What was most enriching about the workshop was the chance to convene with like-minded individuals, friends and strangers alike, with whom we shared a similar vision of culinary heritage. We were cooks, and divers, and writers, and entrepreneurs, and teachers, and chefs, and socialites—all supportive of a future that enriches the way we relate to each other and the way we relate to food. We learned that not every meal should revolutionize our taste buds, and food shouldn’t be a luxury unattainable to a majority. At the very least, a meal should be filling and nutritious at any price point. What’s terrible about the hellscape we call the present world is that a statement like that feels rebellious when it should be the standard we aspire to.
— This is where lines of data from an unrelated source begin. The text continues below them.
//! What an entry did, from what the entries before say.
ghost use Rattle.std.specs.Prelude.{◌≡◌, ◌≤◌, ℕ, length, map, slice_get, IfOk};
ghost use Rattle.std.specs.FinSet as sets;
ghost use Rattle.fy_decide.specs.Verdicts.{targets};
ghost use Rattle.fy_net.specs.declared.message.Body.TheVariants.{Synced};
ghost use Rattle.fy_cluster.specs.declared.config.TheConstants.{MOST_JOURNAL_ENTRIES};
ghost use Rattle.fy_cluster.specs.History.{targets_of, message_of, sends_of, stores_of, acks_of, members_of, records, unsynced, sent, step_of};
ghost use Rattle.fy_check_by_rules.specs.Past.{as_step, history_of};

use crate::network::sent;
use crate::past::Past;
use crate::step::FoundStep;
use crate::strikes::targets;
use crate::teams::{members_of, teams_of_records};
use crate::writes::unsynced;
use fy_acts::{Act, Entry};
use fy_cluster::effects::{is_accepted, target_of};
use fy_locality::{ProcId, ProcSet};
use fy_net::Body;
use std::alloc::{AllocError, Global};

/// Whom the act's target names.
fn targets_of(before: &Past, act: &Act) -> ProcSet
    ensures { (p : ℕ) → sets.contains result p
        ≡ targets_of before.now.config.now (history_of before.now) act.now p }
{
    match target_of(act) {
        Some(target) => targets(before, &target),
        None => ProcSet::empty(),
    }
}

/// The message that the act names.
fn message_of(before: &Past, act: &Act) -> Result<Option<Body>, AllocError>
    ensures { IfOk result (λ message. message ≡ message_of (history_of before.now) act.now) }
{
    match *act {
        Act::Deliver { message } => message_at(before, message),
        Act::Lose { message } => message_at(before, message),
        _ => Ok(None),
    }
}

/// The message with a number.
fn message_at(before: &Past, message: u64) -> Result<Option<Body>, AllocError>
    ensures { IfOk result (λ body. body ≡ slice_get (sent (history_of before.now)) message) }
{
    let bodies = sent(before)?;
    Ok(bodies.get(message as usize).copied())
}

/// A store of the record to each of these processes.
fn stores_of(alloc: Global, rec: u32, processes: &[ProcId]) -> Result<Vec<Body>, AllocError>
    ensures { IfOk result (λ stores. stores.items ≡ stores_of rec processes.now) }
{
    processes
        .iter()
        .map(|p| Body::Store { rec, to: *p })
        .collect(alloc)
}

/// The process's acknowledgement of each of these records.
fn acks_of(alloc: Global, process: ProcId, records: &[u32]) -> Result<Vec<Body>, AllocError>
    ensures { IfOk result (λ words. words.items ≡ map (λ rec. Synced rec process) records.now) }
{
    records
        .iter()
        .map(|rec| Body::Synced {
            rec: *rec,
            from: process,
        })
        .collect(alloc)
}

/// What a Begin sends: a store of the next record to each member of the team.
fn begin_sends(before: &Past, team: u32) -> Result<Vec<Body>, AllocError>
    requires few { length before.now.steps.now ≤ MOST_JOURNAL_ENTRIES }
    ensures { IfOk result (λ stores. stores.items
        ≡ stores_of (length (records (history_of before.now)))
        (members_of (history_of before.now) team)) }
{
    let rec = teams_of_records(before)?.len() as u32;
    let members = members_of(before, team)?;
    stores_of(before.alloc, rec, &members)
}

/// What a Sync sends: an acknowledgement of each unsynced write.
fn sync_sends(before: &Past, process: ProcId) -> Result<Vec<Body>, AllocError>
    ensures { IfOk result (λ words. words.items
        ≡ acks_of process (unsynced (history_of before.now) process.0)) }
{
    let records = unsynced(before, process)?;
    let words = acks_of(before.alloc, process, &records)?;
    Ok(words)
}

/// What the act sends where it is accepted.
fn sends_of(before: &Past, act: &Act) -> Result<Vec<Body>, AllocError>
    requires few { length before.now.steps.now ≤ MOST_JOURNAL_ENTRIES }
    ensures { IfOk result (λ sends. sends.items ≡ sends_of (history_of before.now) act.now) }
{
    match *act {
        Act::Begin { team, .. } => begin_sends(before, team),
        Act::Resend { rec, process } => Ok(Vec::from_slice(
            before.alloc,
            &[Body::Store { rec, to: process }],
        )?),
        Act::CopyTo { rec, to, .. } => Ok(Vec::from_slice(
            before.alloc,
            &[Body::Store { rec, to }],
        )?),
        Act::Sync { process } => sync_sends(before, process),
        _ => Ok(Vec::new(before.alloc)),
    }
}

/// The entry with what it did.
pub(crate) fn step_of(before: &Past, entry: &Entry) -> Result<FoundStep, AllocError>
    requires few { length before.now.steps.now ≤ MOST_JOURNAL_ENTRIES }
    ensures { IfOk result (λ step. as_step (history_of before.now) step
        ≡ step_of before.now.config.now (history_of before.now) entry.now) }
{
    let targets = targets_of(before, &entry.act);
    let message = message_of(before, &entry.act)?;
    let sends = if is_accepted(entry.reply) {
        sends_of(before, &entry.act)?
    } else {
        Vec::new(before.alloc)
    };
    Ok(FoundStep {
        entry: entry.try_copy(before.alloc)?,
        targets,
        message,
        sends,
    })
}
The workshop with Ige was punctuated with a simple smattering of merienda food sprawled all over a tiny kitchen island table. We had bilao lined with banana leaves serving biko with ginger and calamansi, budbod with muscovado, and linuyang rolled in pinipig and dessicated coconut. We paired these delectable offers with water, coffee, and sweet tuba. All the food were sourced from within Negros Oriental and made by local cooks and chefs. Everything was delicious.

A final thought with regards sustainability: a great meal can come from any origin, any upbringing. If paying for it means our farmers, fisherfolk, grocers, butchers, bakers, and cooks get to eat their next meal, wouldn’t that make what we eat a little bit better?